**Exercise objective**
In the data below, find each line that contains the word "many" and copy it.

**Excerpted records**
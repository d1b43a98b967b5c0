use std::alloc::AllocError;

/// Why devices aren't there that the words ask for.
#[derive(Clone, Copy, PartialEq, Eq)]
pub enum Unopened {
    /// There is no memory for them.
    NoMemory,
    /// A port can't be had; standard error says why.
    NoPort,
}

impl From<AllocError> for Unopened {
    fn from(_: AllocError) -> Self {
        Unopened::NoMemory
    }
}
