ghost use Rattle.std.specs.Prelude.{◌≡◌, ◌≤◌, ◌^◌, ◌++◌, codes, length, unsigned_abs, IfSome, Some};
ghost use Rattle.book_texts.specs.Appending.{HasRoom, Appended};
ghost use Rattle.hall_units.specs.Days.{IsDay};
ghost use Rattle.list_run.specs.Ranges.{IsInRange, IsProductInRange, IsTareInRange, IsTare};
ghost use Rattle.list_run.specs.Texts as told;

use crate::types::{BatchLine, DeskLine, LaneLine, Line, ProductLine, RowsLine, TareLine};
use book_texts::{
    MAX_WEIGHED, append, append_day, append_named, append_numbered, append_weighed, state_word,
};
use book_words::{BatchState, Unit};

/// The most bytes of a line; the longest, with two names of 32 bytes, has fewer.
pub const LINE_ROOM: usize = 256;

/// The most bytes of the state of a batch and of how many packs it has.
const STANDING_ROOM: usize = 64;

/// Appends a line.
pub fn push_line(to: &mut Vec<u8>, line: &Line)
    requires room { HasRoom to.old LINE_ROOM }
    requires range { IsInRange line.now }
    ensures { Appended to.old to.new (told.line_text line.now) LINE_ROOM }
{
    match line {
        Line::Day(day) => push_day(to, day),
        Line::Product(line) => push_product(to, line),
        Line::Tare(line) => push_tare(to, line),
        Line::Batch(line) => push_batch(to, line),
        Line::Lane(line) => push_lane(to, line),
        Line::Desk(line) => push_desk(to, line),
        Line::Rows(line) => push_rows(to, line),
    }
}

// Appends the line of the newest day.
fn push_day(to: &mut Vec<u8>, day: &Option<i32>)
    requires room { HasRoom to.old LINE_ROOM }
    requires range { IfSome day.now IsDay }
    ensures { Appended to.old to.new (told.day_text_line day.now) LINE_ROOM }
{
    append(to, b"day ");
    match day {
        Some(day) => append_day(to, *day),
        None => append(to, b"none"),
    }
    append(to, b"\n");
}

// What stands behind a quantity: grams or millilitres.
fn unit_word(unit: Unit) -> &'static [u8]
    ensures text { result.now ≡ told.unit_word unit }
    ensures short { length result.now ≤ 3 }
{
    match unit {
        Unit::Mass => b" g",
        Unit::Volume => b" ml",
    }
}

// Appends the tare of a product, or that it has none.
fn push_tare_now(to: &mut Vec<u8>, tare: &Option<i64>)
    requires room { HasRoom to.old MAX_WEIGHED }
    requires range { IfSome tare.now IsTare }
    ensures { Appended to.old to.new (codes " tare " ++ told.tare_word tare.now) MAX_WEIGHED }
{
    match tare {
        Some(tare) => append_weighed(to, b" tare ", tare),
        None => append(to, b" tare none"),
    }
}

// Appends the line of a product.
fn push_product(to: &mut Vec<u8>, line: &ProductLine)
    requires room { HasRoom to.old LINE_ROOM }
    requires range { IsProductInRange line.now }
    ensures { Appended to.old to.new (told.product_text line.now) LINE_ROOM }
{
    append_named(to, b"product ", &line.product);
    append_weighed(to, b" nominal ", &line.nominal);
    append(to, unit_word(line.unit));
    push_tare_now(to, &line.tare);
    append(to, b"\n");
}

// Appends the line of a tare to come.
fn push_tare(to: &mut Vec<u8>, line: &TareLine)
    requires room { HasRoom to.old LINE_ROOM }
    requires range { IsTareInRange line.now }
    ensures { Appended to.old to.new (told.tare_text line.now) LINE_ROOM }
{
    append_named(to, b"tare ", &line.product);
    append(to, b" from ");
    append_day(to, line.day);
    append_weighed(to, b" ", &line.tare);
    append(to, b"\n");
}

// Appends the state of a batch, and how many packs its population has.
fn push_standing(to: &mut Vec<u8>, state: BatchState, population: u32)
    requires room { HasRoom to.old STANDING_ROOM }
    ensures { Appended to.old to.new (told.standing_text state population) STANDING_ROOM }
{
    append(to, b" state ");
    append(to, state_word(state));
    append_numbered(to, b" population ", population);
    append(to, b"\n");
}

// Appends the line of a batch.
fn push_batch(to: &mut Vec<u8>, line: &BatchLine)
    requires room { HasRoom to.old LINE_ROOM }
    ensures { Appended to.old to.new (told.batch_text line.now) LINE_ROOM }
{
    append_named(to, b"batch ", &line.batch);
    append_named(to, b" product ", &line.product);
    push_standing(to, line.state, line.population);
}

// Appends the line of a lane.
fn push_lane(to: &mut Vec<u8>, line: &LaneLine)
    requires room { HasRoom to.old LINE_ROOM }
    ensures { Appended to.old to.new (told.lane_text line.now) LINE_ROOM }
{
    append_numbered(to, b"lane ", u32::from(line.lane));
    append_named(to, b" batch ", &line.batch);
    append(to, b"\n");
}

// Appends the line of a desk.
fn push_desk(to: &mut Vec<u8>, line: &DeskLine)
    requires room { HasRoom to.old LINE_ROOM }
    ensures { Appended to.old to.new (told.desk_text line.now) LINE_ROOM }
{
    append_numbered(to, b"desk ", u32::from(line.desk));
    append_numbered(to, b" request ", line.request);
    append(to, b"\n");
}

// Appends the line of the rows.
fn push_rows(to: &mut Vec<u8>, line: &RowsLine)
    requires room { HasRoom to.old LINE_ROOM }
    ensures { Appended to.old to.new (told.rows_text line.now) LINE_ROOM }
{
    append_numbered(to, b"rows ", line.rows);
    append_numbered(to, b" left ", line.left);
    append(to, b"\n");
}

**Completed exercise**
/// The most bytes of the state of a batch and of how many packs it has.
// Appends the state of a batch, and how many packs its population has.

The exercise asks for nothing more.